One problem is that many people don't have bitcoin even if it is the best way
to pay. Many people are uncomfortable buying bitcoins.

Amazon micropayment service lets you pay with credit card transaction anywhere
from $0.05 to $9.99 with a 5% + .05 cent transaction fee. Which isn't as good
as bitcoin but it is still pretty good as far as credit card fees go.

[https://payments.amazon.com/help/Amazon-Flexible-Payments-
Se...](https://payments.amazon.com/help/Amazon-Flexible-Payments-
Service/Creating-Managing-Your-Account/Amazon-Payments-Fees)

Many small micro-payments can really add up. This can be huge for content
creators. I would really like to give tips to people who create educational
science videos, open source software, open source hardware, write detailed
tutorials for hardware and software projects, take the time to help me on
forums, etc. Many content creators on the internet have helped me. I might not
want to give a lot to each but I can give a small tip. Which can still make a
difference to the creator if many people also do the same.
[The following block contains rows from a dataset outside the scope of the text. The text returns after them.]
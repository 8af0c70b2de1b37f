//! Implicit types, rules for names and lists of shapes.

use common_match::{Mismatch, same_shape};
use ftn_base::{Bounds, Bytes, Length, Letter, Shape, Ty};
use implicit_type::{LetterMap, Twice};
use name_rule::{NamePattern, NameRule};
use std::alloc::Global;

/// The map of an inner scoping unit with a range of its own, and a letter given twice.
fn letters() -> Option<bool> {
    let logical = Letter::Known(Ty::Logical);
    let outer = LetterMap::standard().with_range(b'a', b'c', logical).ok()?;
    let twice = outer.with_range(b'b', b'd', logical);
    let inner = LetterMap::none()
        .inner()
        .with_range(b'f', b'h', logical)
        .ok()?;
    let given = matches!(inner.type_of(b'g'), Letter::Known(Ty::Logical));
    let none = matches!(inner.type_of(b'i'), Letter::Nothing);
    Some(given && none && matches!(twice, Err(Twice(b'b'))))
}

fn rules(alloc: Global) -> Option<bool> {
    let pattern = NamePattern {
        prefix: Bytes::from_slice(alloc, b"k_").ok()?,
        most: 5,
        underscores: true,
    };
    let rule = NameRule::new(pattern, |name: &[u8]| {
        name.starts_with(b"k_") && name.len() <= 5
    });
    Some(rule.allows(b"k_abc") && !rule.allows(b"k_abcd") && rule.pattern().most == 5)
}

fn shape(alloc: Global, ty: Ty, high: i32) -> Option<Shape> {
    let bounds = Bounds::new(alloc).with(1, high).ok()?;
    Some(Shape { ty, bounds })
}

fn two_shapes(alloc: Global, high: i32) -> Option<Vec<Shape>> {
    let mut shapes = Vec::new(alloc);
    shapes.push(shape(alloc, Ty::Integer, 2)?).ok()?;
    shapes
        .push(shape(alloc, Ty::Character(Length::Assumed), high)?)
        .ok()?;
    Some(shapes)
}

/// Lists that differ in bounds, and then in length.
fn shapes(alloc: Global) -> Option<bool> {
    let one = two_shapes(alloc, 3)?;
    let other = two_shapes(alloc, 4)?;
    if one.len() != 2 || other.len() != 2 {
        return None;
    }
    let bounds = matches!(same_shape(&one, &other), Err(Mismatch { at: 1 }));
    let shorter = matches!(same_shape(&one, &one[..1]), Err(Mismatch { at: 1 }));
    Some(bounds && shorter && same_shape(&one, &one).is_ok())
}

#[test]
fn letters_rules_and_shapes_are_told(rt: HostRuntime) {
    assert!(rt; letters() == Some(true));
    assert!(rt; rules(rt.alloc()) == Some(true));
    assert!(rt; shapes(rt.alloc()) == Some(true));
}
I think if they charged a fee for the tip it would be a more standard business
model and people would not find it as exciting. It seems more direct to
customer this way without the man in the middle dilemma for content creators.
Also charging a fee in addition to the transaction fee would make it
increasingly difficult to tip the creator a small amount. I think the fact
they don't charge a fee on top of the transaction fee is out of necessity.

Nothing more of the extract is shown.